For those unfamiliar with Steve Brust's Dragaera series, it's about a wisecracking assassin in a very urban fantasyland; the series is fast-paced and witty, and has lots of playful stylistic tricks and flourishes. Brust likes to create complex rules for himself. Any given book is liable to have three storylines in three different times or be organized according to a menu or a laundry list or a magic spell, and all the books have seventeen chapters, to correspond with the seventeen noble houses for which all but one of the books are named and thematically linked.
If you like
Baccano: The Complete Series (Viridian Collection)
, the dizzyingly complex anime series about Prohibition gangsters, tricksters, and immortals, you would probably like Dragaera, and vice versa.
I was disappointed in the last couple books in the series.
Jhegaala was depressing and dull, and
Iorich seemed slight.
Tiassa returns to structural and chronological complexity, with four timelines and multiple narrators telling a series of stories concerning a magical silver tiassa (a winged panther representing inspiration and spoilery other stuff), which gets passed from hand to hand: a MacGuffin which may or may have actual powers.

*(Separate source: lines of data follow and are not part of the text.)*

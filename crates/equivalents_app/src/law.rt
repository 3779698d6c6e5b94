//! Theorems on mutants that are proved equivalent.

ghost use Rattle.equivalents_app.specs.{NoTestKills};

use f77_meaning::law::one_outcome;

/// No test of a job kills a mutant that is named for that job, with its limit on steps.
pub fn no_test_kills()
    ensures { NoTestKills }
{
    one_outcome();
}
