//! Which mutants of the program of a job no test can kill: from
//! words and the bytes of the job to the bytes that are written.
#![tactic(auto)]

mod finding;
pub mod law;
mod others;
mod rendering;
mod suite;
mod words;

pub use finding::{Equivalents, report};
pub use mothra_app::{AppFault, Status, Watched, run, serve};
pub use words::{Inquiry, inquiry_of};
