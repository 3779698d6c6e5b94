//! The text of what is told of mutants that are not named: rows, which are tests that may kill them, as the key `suite`
//! of a job has them, and where their proofs were given up.

ghost use Rattle.std.specs.Prelude.{◌≡◌, ◌++◌, OnOk, flat_map, string_bytes};
ghost use Rattle.equivalents_app.specs.Prelude.{signed_decimal};
ghost use Rattle.equivalents_app.specs.{json_value, left_lines, row_lines, truth_text};

use f77_meaning::Arg;
use f77_program::print_enclosed;
use mothra_equivalents::Unproved;
use mothra_ops::push_name;
use std::alloc::AllocError;

fn push_number(text: &mut String, number: &i32) -> Result<(), AllocError>
    ensures { OnOk result (string_bytes text.new ≡ string_bytes text.old ++ signed_decimal number.now) }
{
    write!(text, "{number}")
}

fn push_truth(text: &mut String, truth: &bool) -> Result<(), AllocError>
    ensures { OnOk result (string_bytes text.new ≡ string_bytes text.old ++ truth_text truth.now) }
{
    text.push_str(if *truth { "true" } else { "false" })
}

/// Adds the value of a dummy argument.
fn push_argument(text: &mut String, argument: &Arg) -> Result<(), AllocError>
    ensures { OnOk result (string_bytes text.new ≡ string_bytes text.old ++ json_value argument.now) }
{
    match argument {
        Arg::Int(number) => push_number(text, number),
        Arg::Truth(truth) => push_truth(text, truth),
        Arg::Ints(numbers) => print_enclosed(text, "[", numbers.as_slice(), "]", push_number),
        Arg::Truths(truths) => print_enclosed(text, "[", truths.as_slice(), "]", push_truth),
    }
}

/// Adds a line for each row of a mutant.
fn push_rows_of(text: &mut String, every: u32, one: &Unproved) -> Result<(), AllocError>
    ensures { OnOk result (string_bytes text.new ≡ string_bytes text.old ++ row_lines every one.now) }
{
    for row in &one.rows {
        text.push_str("ROW ")?;
        push_name(text, every, one.ticket.op, one.ticket.number)?;
        text.push_str(" ")?;
        print_enclosed(text, "[", row.as_slice(), "]", push_argument)?;
        text.push_str("\n")?;
    }
    Ok(())
}

/// Adds a line for each row of the mutants.
pub(crate) fn push_rows(
    text: &mut String,
    every: u32,
    others: &[Unproved],
) -> Result<(), AllocError>
    ensures { OnOk result (string_bytes text.new ≡ string_bytes text.old ++ flat_map (row_lines every) others.now) }
{
    for one in others {
        push_rows_of(text, every, one)?;
    }
    Ok(())
}

/// Adds the line of a mutant whose proof was given up: where, and of what values were compared there, if any were.
fn push_left_of(text: &mut String, every: u32, one: &Unproved) -> Result<(), AllocError>
    ensures { OnOk result (string_bytes text.new ≡ string_bytes text.old ++ left_lines every one.now) }
{
    let Some(left) = one.left else {
        return Ok(());
    };
    let (own, other) = (left.own, left.other);
    text.push_str("LEFT ")?;
    push_name(text, every, one.ticket.op, one.ticket.number)?;
    match left.name {
        Some(name) => write!(text, " AT {own} {other} VALUES {name}\n"),
        None => write!(text, " AT {own} {other}\n"),
    }
}

/// Adds the lines of mutants whose proofs were given up.
pub(crate) fn push_left(
    text: &mut String,
    every: u32,
    others: &[Unproved],
) -> Result<(), AllocError>
    ensures { OnOk result (string_bytes text.new ≡ string_bytes text.old ++ flat_map (left_lines every) others.now) }
{
    for one in others {
        push_left_of(text, every, one)?;
    }
    Ok(())
}
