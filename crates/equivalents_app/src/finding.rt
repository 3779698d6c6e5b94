//! Which mutants of the program of a job are named as equivalent.

ghost use Rattle.std.specs.Prelude.{◌≤◌, List, Ok, IfOk, length, string_bytes};
ghost use Rattle.equivalents_app.specs.Prelude.{GivesOutcome, IsTask, of_mutants, program_of};
ghost use Rattle.equivalents_app.specs.{equivalents_promise, HasRoom, IsFound, IsNamedIn};
ghost use Rattle.f77_meaning.specs.declared.argument.Arg.{Arg as Given};

use crate::rendering::text_of;
use crate::suite::{killed_on, room_of};
use crate::words::{Inquiry, inquiry_of};
use f77_meaning::{Arg, Values};
use indexmap::IndexSet;
use mothra_app::fault::Fault;
use mothra_app::program::plan_of;
use mothra_app::{Job, Service};
use mothra_cli::WordsFault;
use mothra_codes::Ticket;
use mothra_equivalents::equivalents_of;
use mothra_ops::{OpsFault, Plan};
use mothra_verdicts::Bench;
use std::alloc::{AllocError, Global};
use std::convert::AsStr;

/// The text that names mutants of the plan: those that are proved equivalent, without those that need more than this
/// room.
fn text_for(
    alloc: Global,
    plan: &Plan,
    killed: &IndexSet<Ticket>,
    room: u32,
    inquiry: &Inquiry,
) -> Result<String, AllocError>
    ensures { IfOk result (λ text. (tests : List (List Given))
        → HasRoom (program_of plan.now) tests inquiry.now.steps room
        → IsNamedIn tests inquiry.now plan.now (Ok (string_bytes text))) }
{
    let mut found = equivalents_of(alloc, plan, killed, inquiry.rows, inquiry.steps)?;
    found.list.retain(|one| one.spare <= u64::from(room));
    text_of(alloc, plan, &found, inquiry.json)
}

/// The text that names mutants of the plan that are equivalent, as the words ask for it. Where a test does not fit, or
/// the program does not end on it, all mutants are asked about, and none is named that needs room.
fn text_in(
    alloc: Global,
    plan: Plan,
    tests: Values<Values<Arg>>,
    inquiry: &Inquiry,
) -> Result<String, AllocError>
    requires few { length tests ≤ 256 }
    ensures { IfOk result (λ text. IsNamedIn tests inquiry.now plan (Ok (string_bytes text))) }
{
    let steps = inquiry.steps;
    let Some(room) = room_of(alloc, plan.program(), tests.as_slice(), steps)? else {
        return text_for(alloc, &plan, &IndexSet::new(alloc), 0, inquiry);
    };
    // Tests that fit, on which the program ends, are refused for want of memory alone.
    let declared = Values::new(Vec::new(alloc));
    let Ok(bench) = Bench::new(alloc, plan, tests, steps, declared) else {
        return Err(AllocError);
    };
    let killed = killed_on(alloc, &bench)?;
    text_for(alloc, bench.plan(), &killed, room, inquiry)
}

/// The program `equivalents`. What it reports is `report`.
#[derive(Drop)]
pub struct Equivalents {
    /// What gives memory.
    pub alloc: Global,
}

impl Service for Equivalents {
    type Request = Inquiry;

    ghost promise = { equivalents_promise };

    fn alloc(&self) -> Global {
        self.alloc
    }

    fn request_of<S: AsStr>(&self, words: &[S]) -> Result<Inquiry, WordsFault> {
        inquiry_of(self.alloc, words)
    }
}

/// The text that names equivalent mutants of the program of a job, as the words ask for it; or the first fault.
pub fn report(alloc: Global, inquiry: &Inquiry, job: Job) -> Result<String, Fault>
    requires { IsTask equivalents_promise inquiry.now job }
    ensures { GivesOutcome string_bytes (IsFound inquiry.now job) of_mutants result }
{
    let plan = plan_of(alloc, &job, &inquiry.operators, inquiry.every)?;
    let (tests, _declared) = job.into_lists();
    match text_in(alloc, plan, tests, inquiry) {
        Ok(text) => Ok(text),
        Err(_) => Err(Fault::Ops(OpsFault::Memory)),
    }
}
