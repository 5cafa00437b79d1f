//! The plans that a node stands on.
ghost use Rattle.std.specs.Prelude.{◌≡◌, ◌<◌, ◌++◌, ◌⊎◌, [], ◌∷◌, Some, IfOk, IfSome, OnOk};
ghost use Rattle.serde_json.specs.Data.{depth};
ghost use Rattle.serde_json.specs.View.{view};
ghost use Rattle.sched_plan_json.specs.Node.{one_of};
ghost use Rattle.sched_plan_json.specs.PlanOf.{spelt_of};
ghost use Rattle.sched_plan_check.specs.Places.{place_of};
ghost use Rattle.sched_plan_check.specs.PlanFaults.{IsRefusal, name_in, item_in, plans_in, steps_to};
ghost use Rattle.sched_plan_check.specs.Below.{IsFirstBelow};

use crate::places::Step;
use sched_plan::PlanFault;
use sched_plan_json::{Node, OneNode, ReadFault, read_node, read_plan};
use sched_time::NoMemory;
use serde_json::Value;
use std::alloc::Global;

/// A plan below a node, and the fault for which it is refused.
#[derive(Clone, Copy)]
pub(crate) struct Below<'a> {
    /// Its number among the items of the node's value, where it is not that value itself.
    pub(crate) item: Option<usize>,
    pub(crate) value: &'a Value,
    pub(crate) fault: ReadFault,
}

/// Why the value is no plan, if it is none.
pub(crate) fn refusal(alloc: Global, value: &Value) -> Result<Option<ReadFault>, NoMemory>
    ensures { IfOk result (IsRefusal (view value.now)) }
{
    match read_plan(alloc, value) {
        Ok(_) => Ok(None),
        Err(ReadFault::NotAPlan) => Ok(Some(ReadFault::NotAPlan)),
        Err(ReadFault::Plan(PlanFault::NoMemory)) => Err(NoMemory),
        Err(ReadFault::Plan(fault)) => Ok(Some(ReadFault::Plan(fault))),
    }
}

/// The first plan that the node stands on and that is refused, if the value is a node and there is one.
pub(crate) fn first_below<'a>(
    alloc: Global,
    value: &'a Value,
) -> Result<Option<Below<'a>>, NoMemory>
    ensures first { IfOk result (IsFirstBelow (plans_in (spelt_of (view value.now)))) }
    ensures nested { IfOk result (λ found. IfSome found
        (λ below. depth (view below.value.now) < depth (view value.now))) }
{
    match read_node(value) {
        Ok(Node::One(node, plan)) => where_refused(alloc, item_of(node), plan),
        Ok(Node::Two(_, first, second)) => first_of_two(alloc, first, second),
        Ok(Node::Leaf(_)) | Err(_) => Ok(None),
    }
}

// The first of both plans that is refused.
#[tactic(auto, using(crate::proofs::Nexts::first_stays, crate::proofs::Nexts::then_second))]
fn first_of_two<'a>(
    alloc: Global,
    first: &'a Value,
    second: &'a Value,
) -> Result<Option<Below<'a>>, NoMemory>
    ensures first { IfOk result
        (IsFirstBelow ((Some 0, view first.now) ∷ (Some 1, view second.now) ∷ [])) }
    ensures same { IfOk result (λ found. IfSome found (λ below.
        (view below.value.now ≡ view first.now) ⊎ (view below.value.now ≡ view second.now))) }
{
    let found = where_refused(alloc, Some(0), first)?;
    if found.is_some() {
        return Ok(found);
    }
    where_refused(alloc, Some(1), second)
}

// This plan, if it is refused.
fn where_refused<'a>(
    alloc: Global,
    item: Option<usize>,
    value: &'a Value,
) -> Result<Option<Below<'a>>, NoMemory>
    ensures first { IfOk result (IsFirstBelow ((item, view value.now) ∷ [])) }
    ensures same { IfOk result (λ found. IfSome found (λ below. view below.value.now ≡ view value.now)) }
{
    match refusal(alloc, value)? {
        Some(fault) => Ok(Some(Below { item, value, fault })),
        None => Ok(None),
    }
}

// Which item of its value a node has as its plan, where that is not the value itself.
fn item_of(node: OneNode) -> Option<usize>
    ensures { result ≡ item_in (one_of node) }
{
    match node {
        // bin/nodes makes these rows.
        OneNode::AddOut | OneNode::First | OneNode::Second | OneNode::Nothing => None,
        OneNode::Gather(_)
        | OneNode::Add(_)
        | OneNode::Set(_)
        | OneNode::Cap(_)
        | OneNode::Within(_)
        | OneNode::EndsBy(_)
        | OneNode::Renew(_)
        | OneNode::RenewIdle(_) => Some(1),
        OneNode::Jitter { .. } => Some(3),
        OneNode::Gate { .. } => Some(4),
        // end
    }
}

/// Adds the steps from the node to the plan below it.
pub(crate) fn step_below<'a>(
    place: &mut Vec<Step<'a>>,
    node: &'a Value,
    item: Option<usize>,
) -> Result<(), NoMemory>
    ensures { OnOk result
        (place_of place.new.items ≡ place_of place.old.items ++ steps_to (name_in (view node.now)) item) }
{
    place.push(Step::Key(name_of(node)))?;
    if let Some(index) = item {
        place.push(Step::Index(index))?;
    }
    Ok(())
}

// The name of a node that stands on plans.
fn name_of(node: &Value) -> &str
    ensures { result.now ≡ name_in (view node.now) }
{
    match node {
        Value::Object(members) => match members.iter().next() {
            Some((name, _)) => name.as_str(),
            None => "",
        },
        _ => "",
    }
}
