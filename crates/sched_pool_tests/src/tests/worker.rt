//! One worker with the jobs of its share, played step by step.
use sched_pool_worker::{Finish, Gate, OpenGate, Station, Work, Worked, work_through};

mod gates;
mod jobs;
mod plays;
mod rows;

fn after(turns: u64, finish: Finish) -> Worked {
    Worked { turns, finish }
}
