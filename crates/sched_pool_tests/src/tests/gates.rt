//! Two jobs on a thread each, with a gate that tells that both threads run.
use super::pools::total;
use super::*;
use sched_pool::Gate;
use std::sync::atomic::{AtomicBool, Ordering};

// Each of jobs 0 and 1, where it is first asked for, looks for the other one to have begun.
#[derive(Drop)]
struct Meeting {
    zero_begun: AtomicBool,
    one_begun: AtomicBool,
    zero_met: AtomicBool,
    one_met: AtomicBool,
}

fn meet(mine: &AtomicBool, other: &AtomicBool, met: &AtomicBool) {
    if mine.swap(true, Ordering::SeqCst) {
        return;
    }
    for _ in 0..100_000_000u32 {
        if other.load(Ordering::SeqCst) {
            met.store(true, Ordering::SeqCst);
            return;
        }
    }
}

impl Gate for Meeting {
    fn ready(&self, job: usize) -> bool {
        if job == 0 {
            meet(&self.zero_begun, &self.one_begun, &self.zero_met);
        } else {
            meet(&self.one_begun, &self.zero_begun, &self.one_met);
        }
        true
    }

    fn polled(&self, _job: usize) {}
}

#[test]
fn two_threads_meet(rt: HostRuntime) {
    let gate = Meeting {
        zero_begun: AtomicBool::new(false),
        one_begun: AtomicBool::new(false),
        zero_met: AtomicBool::new(false),
        one_met: AtomicBool::new(false),
    };
    assert_eq!(rt; total(&rt, 100, (2, 2), &gate), 6);
    assert!(rt; gate.zero_met.load(Ordering::SeqCst));
    assert!(rt; gate.one_met.load(Ordering::SeqCst));
}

My favorite part was the first, set right after Vlad gets together with Cawti, in which he sets up an elaborate con using the tiassa as a prop. I also enjoyed the second storyline, in which Vlad is absent but a major part of the plot, in which Cawti, Norathar, and Daro work together to avert a complicated plot. The last section was narrated by Paarfi, the prolix Dumas-like writer of the Khaavren adventures, and brings the narrative up to the present. Also, Vlad meets Khaavren. I liked that one the least, as I've never warmed to Paarfi's narration - it's funny for a few pages, but drives me berserk at greater length, as characters take five pages to verbally fence around a question like, "Did you come here to meet me?"